Image by Tom Rettig
Image by John Cannon
This summer, and just in time for football season, Fitton Field was resodded for the first time since it was constructed in 1903. The old field was replaced with a bluegrass blend from Tuckahoe Farms in Maine.
“This is huge,” Holy Cross football coach Tom Gilmore told the Telegram & Gazette in a recent article covering the major construction project. “This is our home field and having that field in great condition is going to improve our chances of winning more football games. It did get beat up pretty good the last couple years. We had to do something. Getting a whole new surface was the best possible solution.”
The initial steps of the resodding began in mid-April, followed by the removal of the old turf and installation of the new sod by the first of June. The grow-in process took most of the summer.
New safety netting was installed in the field and the entire surface was laser graded in addition to the resodding, but the improvements don’t stop there.
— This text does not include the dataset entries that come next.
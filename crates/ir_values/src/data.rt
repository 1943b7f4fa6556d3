//! Plain data: a copy equals its source, and `==` compares by contents.
ghost use Rattle.std.specs.Prelude.{◌≡◌, ◌↔◌, IsTrue, IfOk};
ghost use Rattle.std.proofs.Common.{rules};

use crate::memory::Memory;
use std::alloc::Global;

/// A value that can be copied where there is memory for its parts.
pub trait Copies: Drop {
    /// A value that equals this one, or [`Memory`].
    fn copy(&self, alloc: Global) -> Result<Self, Memory>
        ensures { IfOk result (λ c. c ≡ self.now) };
}

/// A value that `==` compares by its contents: values are `==` exactly where they are equal.
/// So it can key a map.
pub trait Exact: Eq {
    /// Whether the two values are equal.
    final fn same(&self, other: &Self) -> bool
        ensures { IsTrue result ↔ (self.now ≡ other.now) }
    {
        *self == *other
    }

    ghost exact: { (x y : Self) → IsTrue (Self.eq x y) → x ≡ y };
}

impl Copies for u8 {
    fn copy(&self, _alloc: Global) -> Result<u8, Memory> {
        Ok(*self)
    }
}

impl Copies for u64 {
    fn copy(&self, _alloc: Global) -> Result<u64, Memory> {
        Ok(*self)
    }
}

impl<A: Copies, B: Copies> Copies for (A, B) {
    fn copy(&self, alloc: Global) -> Result<(A, B), Memory> {
        Ok((self.0.copy(alloc)?, self.1.copy(alloc)?))
    }
}

impl<T: Copies> Copies for Option<T> {
    fn copy(&self, alloc: Global) -> Result<Option<T>, Memory> {
        match self {
            Some(x) => Ok(Some(x.copy(alloc)?)),
            None => Ok(None),
        }
    }
}

impl Exact for u8 {
    ghost exact = { Prim.search rules };
}

impl Exact for u64 {
    ghost exact = { Prim.search rules };
}

impl<A: Exact, B: Exact> Exact for (A, B) {
    ghost exact = { Prim.search rules };
}

impl<T: Exact> Exact for Option<T> {
    ghost exact = { Prim.search rules };
}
“Grounds personnel completed a substantial overhaul of the irrigation system including: replacing the all irrigation heads, reconfiguring the main supply line, replacing, moving and rewiring all the zone valves,” says Ted Heywood, superintendent of grounds. “Grounds worked with the Plumbing Shop to bring the existing well between the football and baseball stadiums online to supply the football field. This will save over 1.1 million gallons of potable water per year.”
The updates to the field have and will continue to be beneficial — from using less pesticides and herbicides due to the new disease and insect resistant type of turfgrass selected and reducing financial costs of supplying water to the field, to providing players with more stable and consistent footing and giving students and visitors a more enjoyable gameday experience.
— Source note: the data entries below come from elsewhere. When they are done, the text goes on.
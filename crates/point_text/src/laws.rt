//! Laws of the definitions that the contracts cite. The functions do nothing when they run: the contract of each is the law.

ghost use Rattle.std.specs.Prelude.{◌≡◌, ℕ, List, length, All, Option, None, Ok, IfSome};
ghost use Rattle.fractions.specs.Number.{Number, zero_ℚ};
ghost use Rattle.fractions.specs.Lowest.{Fits};
ghost use Rattle.lp_model.specs.Names.{Differ};
ghost use Rattle.fractions.specs.declared.Numbers.TheVariants.{Fractions};
ghost use Rattle.number_texts.specs.Read.{read_of};
ghost use Rattle.point_text.specs.Values.{value_of};
ghost use Rattle.point_text.specs.Reading.{first_fault, said, point_of};
ghost use Rattle.point_text.specs.Given.{IsGiven};
ghost use Rattle.point_text.specs.SolutionText.{solution_text};
ghost use Rattle.point_text.specs.PlainNames.{Plain};
ghost use Rattle.point_text.specs.PairText.{pair_fault, pair_point, pair_duals, pair_text, pair_fault_by, pair_point_by, pair_duals_by, pair_text_by};
ghost use Rattle.point_text.specs.WrittenNames.{AreNumbered, AreNumberedBy};

use exact_texts::Textual;
use fractions::frac::Frac;

/// What is written of columns whose names are plain and differ has no fault, and gives the values
/// again.
pub fn written_solution_is_read()
    ensures fault { (names : List (List ℕ)) (values : List Number) → All Plain names → Differ names →
        length values ≡ length names → All Fits values → first_fault names (solution_text names values) ≡ None }
    ensures point { (names : List (List ℕ)) (values : List Number) → All Plain names → Differ names →
        length values ≡ length names → All Fits values → point_of names (solution_text names values) ≡ values }
{
    <Frac as Textual>::reads_again();
    <Frac as Textual>::is_field();
}

/// What is written of a pair has no fault, and gives the point and the duals again: the columns' names
/// are plain and differ, and with duals so are the rows' names.
pub fn written_pair_is_read()
    ensures fault { (columns rows : List (List ℕ)) (point : List Number) (duals : Option (List Number)) → AreNumbered columns point → IfSome duals (λ d. AreNumbered rows d) →
        pair_fault columns rows (pair_text columns rows point duals) ≡ None }
    ensures point { (columns rows : List (List ℕ)) (point : List Number) (duals : Option (List Number)) → AreNumbered columns point →
        pair_point columns (pair_text columns rows point duals) ≡ point }
    ensures duals { (columns rows : List (List ℕ)) (point : List Number) (duals : Option (List Number)) → AreNumbered columns point → IfSome duals (λ d. AreNumbered rows d) →
        pair_duals rows (pair_text columns rows point duals) ≡ duals }
{
    written_pair_is_read_in_kind::<Frac>();
}

/// By numbers of each kind, what is written of a pair has no fault, and gives the point and the duals again: the columns' names are plain and
/// differ, with duals so are the rows' names, and each number is short enough to be read again.
pub fn written_pair_is_read_in_kind<T: Textual>()
    ensures fault { (columns rows : List (List ℕ)) (point : List Number) (duals : Option (List Number)) → AreNumberedBy T.texts.IsShort columns point → IfSome duals (λ d. AreNumberedBy T.texts.IsShort rows d) →
        pair_fault_by T.texts.reading columns rows (pair_text_by T.texts.writing columns rows point duals) ≡ None }
    ensures point { (columns rows : List (List ℕ)) (point : List Number) (duals : Option (List Number)) → AreNumberedBy T.texts.IsShort columns point →
        pair_point_by T.texts.reading columns (pair_text_by T.texts.writing columns rows point duals) ≡ point }
    ensures duals { (columns rows : List (List ℕ)) (point : List Number) (duals : Option (List Number)) → AreNumberedBy T.texts.IsShort columns point → IfSome duals (λ d. AreNumberedBy T.texts.IsShort rows d) →
        pair_duals_by T.texts.reading rows (pair_text_by T.texts.writing columns rows point duals) ≡ duals }
{
    T::reads_again();
    T::is_field();
}

/// A text without a fault gives a name the number of each line that names it, and 0 where no line
/// does.
pub fn values_are_given()
    ensures given { (names : List (List ℕ)) (text name number : List ℕ) → first_fault names text ≡ None →
        IsGiven text name number → read_of Fractions number ≡ Ok (value_of (said text) name) }
    ensures missing { (text name : List ℕ) →
        ((number : List ℕ) → ¬ (IsGiven text name number)) → value_of (said text) name ≡ zero_ℚ }
{}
The updates to Fitton Field have not gone unnoticed.
Holy Cross received an Honor Award in the category of athletic fields from the Professional Grounds Management Society (PGMS) in the 2016 Green Star Award competition. This award, which recognizes exceptional grounds maintenance, is grounds’ seventh national recognition.
As we look forward to the future of the newly resodded Fitton Field, take a look back to one of the earliest photos of the field taken in 1908. This photo was taken just three years after the field was dedicated to Rev. James Fitton, who purchased the 52 acres Holy Cross was founded upon, eventually deeding it to Bishop Benedict Fenwick in 1843.